• _Requirement_: Somewhere below are a line with "there at once." and a later line with "to the next.". Output exactly those lines and all lines between them.

(Extracted records)
• • • •
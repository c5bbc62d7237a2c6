#![tactic(auto)]

// The listing of a sheet's links by the sequential run.
ghost use Rattle.std.specs.Prelude.{◌≡◌, ◌≤◌, length, take};
ghost use Rattle.answers.specs.Verdict.{accepted};
ghost use Rattle.percolation.specs.Links.{cliques, slots};
ghost use Rattle.percolation.specs.Steps.{enough};
ghost use Rattle.sheet.specs.Sheet.{parts, links, links_of};
ghost use Rattle.slots.specs.Lent.{tables_of, SameLent};
ghost use Rattle.runs.specs.Lent.{check_call};
ghost use Rattle.runs.specs.OnSheet.{RunLists};

use answers::{Answer, Fault};
use sheet::Checked;
use slots::{Lent, SlotList};

// The listing of the first n links of an admitted sheet, in tables that it leaves anyhow: 15, by the rows of the links alone, then the links, then 16. For
// sister crates: 10 and the link count show what is required.
pub fn list(sheet: Checked, n: usize, k: usize, tables: &mut Lent, out: &mut [u8]) -> Answer
    requires { (check_call sheet.bytes.now k (tables_of tables.old 0) ≡ accepted) × (n ≤ links sheet.bytes.now) }
    ensures lent { SameLent tables.old tables.new }
    ensures lists { RunLists (enough (length tables.old.entries.now)
        (slots (parts sheet.entry.bytes.now) k (cliques (take n (links_of sheet.entry.bytes.now)) (parts sheet.entry.bytes.now) k)))
        (take n (links_of sheet.entry.bytes.now)) (parts sheet.entry.bytes.now) k out.old result out.new }
{
    let free = runs::has_slots(sheet, n, k, tables.view().entries);
    answers::require(free, Fault::Slots, 0)?;
    runs::clear(tables);
    let mut rows = sets::no_rows();
    let mut slots = SlotList { tables, used: 0 };
    runs::take_links(sheet, &mut rows, &mut slots, k, 0, n);
    let used = slots.used;
    listings::list_roots(tables.view(), used, out)
}
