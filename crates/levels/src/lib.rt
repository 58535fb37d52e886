// What the bytes that set a level stand for: the options, a rate's ticks, the target, what is remembered of it, and a Blink's value.
#![tactic(auto)]

ghost use Rattle.std.specs.Prelude.{◌≡◌};
ghost use Rattle.levels.specs.Levels.{options_of, ticks_per_step, wanted, allowed, remembered, rate_of, flip_ticks};

use units::{Percent, Step};

// Register 0x8D: what holds when a level is set.
#[derive(Clone, Copy)]
pub struct Options {
    pub rate: u8,
    pub capable: bool,
}

// The ticks of one step by rate; at rate 0 the level is there at once.
// Stays as it is: 01 names the form, a const table of sixteen counts.
const TICKS: [u16; 16] = [
    0, 1, 2, 4, 6, 8, 12, 24, 36, 72, 144, 360, 720, 1080, 2160, 4320,
];

// The low four bits are the default rate; the next says whether the load can be dimmed.
impl From<u8> for Options {
    ghost from_gives = { λ byte options. options ≡ options_of byte };

    #[tactic(auto, unfolding(crate::specs::Levels::options_of))]
    fn from(byte: u8) -> Options {
        Options {
            rate: byte & 15,
            capable: (byte >> 4) & 1 == 1,
        }
    }
}

impl Options {
    // A rate past 15 is the default one; a load that cannot be dimmed has rate 0 alone.
    #[tactic(auto, unfolding(crate::specs::Levels::rate_of))]
    pub fn rate(self, asked: u8) -> u8
        ensures { result ≡ rate_of self asked }
    {
        if self.capable {
            if 15 < asked {
                return self.rate;
            }
            return asked;
        }
        0
    }
}

// The ticks of one step at a rate; past 15 they are 0.
#[tactic(auto, unfolding(crate::specs::Levels::ticks_per_step))]
pub fn ticks(rate: u8) -> u16
    ensures { result ≡ ticks_per_step rate }
{
    TICKS.get(rate as usize).copied().unwrap_or(0)
}

#[tactic(auto, unfolding(crate::specs::Levels::wanted))]
pub fn wanted(level: u8, last: Step) -> Step
    ensures { result ≡ wanted level last }
{
    if 100 < level {
        return last;
    }
    Step::from(Percent(level))
}

// A load that cannot be dimmed is off or full.
#[tactic(auto, unfolding(crate::specs::Levels::allowed))]
pub fn allowed(capable: bool, target: Step) -> Step
    ensures { result ≡ allowed capable target }
{
    if capable || target == Step::OFF {
        return target;
    }
    Step::FULL
}

// A step other than 0 is remembered as the Last On Level.
#[tactic(auto, unfolding(crate::specs::Levels::remembered))]
pub fn remembered(step: Step, last: Step) -> Step
    ensures { result ≡ remembered step last }
{
    if step == Step::OFF {
        return last;
    }
    step
}

// The ticks from one flip of a Blink to the next.
#[tactic(auto, unfolding(crate::specs::Levels::flip_ticks))]
pub fn blink_ticks(value: u8) -> u16
    ensures { result ≡ flip_ticks value }
{
    if value == 0 {
        return 120;
    }
    4 * (value as u16)
}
• • • •
• _Solution for this exercise_:
// The ticks of one step by rate; at rate 0 the level is there at once.
// Stays as it is: 01 names the form, a const table of sixteen counts.
const TICKS: [u16; 16] = [
    0, 1, 2, 4, 6, 8, 12, 24, 36, 72, 144, 360, 720, 1080, 2160, 4320,
];

// The low four bits are the default rate; the next says whether the load can be dimmed.
impl From<u8> for Options {
    ghost from_gives = { λ byte options. options ≡ options_of byte };

    #[tactic(auto, unfolding(crate::specs::Levels::options_of))]
    fn from(byte: u8) -> Options {
        Options {
            rate: byte & 15,
            capable: (byte >> 4) & 1 == 1,
        }
    }
}

impl Options {
    // A rate past 15 is the default one; a load that cannot be dimmed has rate 0 alone.
    #[tactic(auto, unfolding(crate::specs::Levels::rate_of))]
    pub fn rate(self, asked: u8) -> u8
        ensures { result ≡ rate_of self asked }
    {
        if self.capable {
            if 15 < asked {
                return self.rate;
            }
            return asked;
        }
        0
    }
}

// The ticks of one step at a rate; past 15 they are 0.
#[tactic(auto, unfolding(crate::specs::Levels::ticks_per_step))]
pub fn ticks(rate: u8) -> u16
    ensures { result ≡ ticks_per_step rate }
{
    TICKS.get(rate as usize).copied().unwrap_or(0)
}

#[tactic(auto, unfolding(crate::specs::Levels::wanted))]
pub fn wanted(level: u8, last: Step) -> Step
    ensures { result ≡ wanted level last }
{
    if 100 < level {
        return last;
    }
    Step::from(Percent(level))
}

// A load that cannot be dimmed is off or full.
#[tactic(auto, unfolding(crate::specs::Levels::allowed))]
pub fn allowed(capable: bool, target: Step) -> Step
    ensures { result ≡ allowed capable target }
{
    if capable || target == Step::OFF {
        return target;
    }
    Step::FULL
}

// A step other than 0 is remembered as the Last On Level.
#[tactic(auto, unfolding(crate::specs::Levels::remembered))]
pub fn remembered(step: Step, last: Step) -> Step
    ensures { result ≡ remembered step last }
{
    if step == Step::OFF {
        return last;
    }
    step
}

// The ticks from one flip of a Blink to the next.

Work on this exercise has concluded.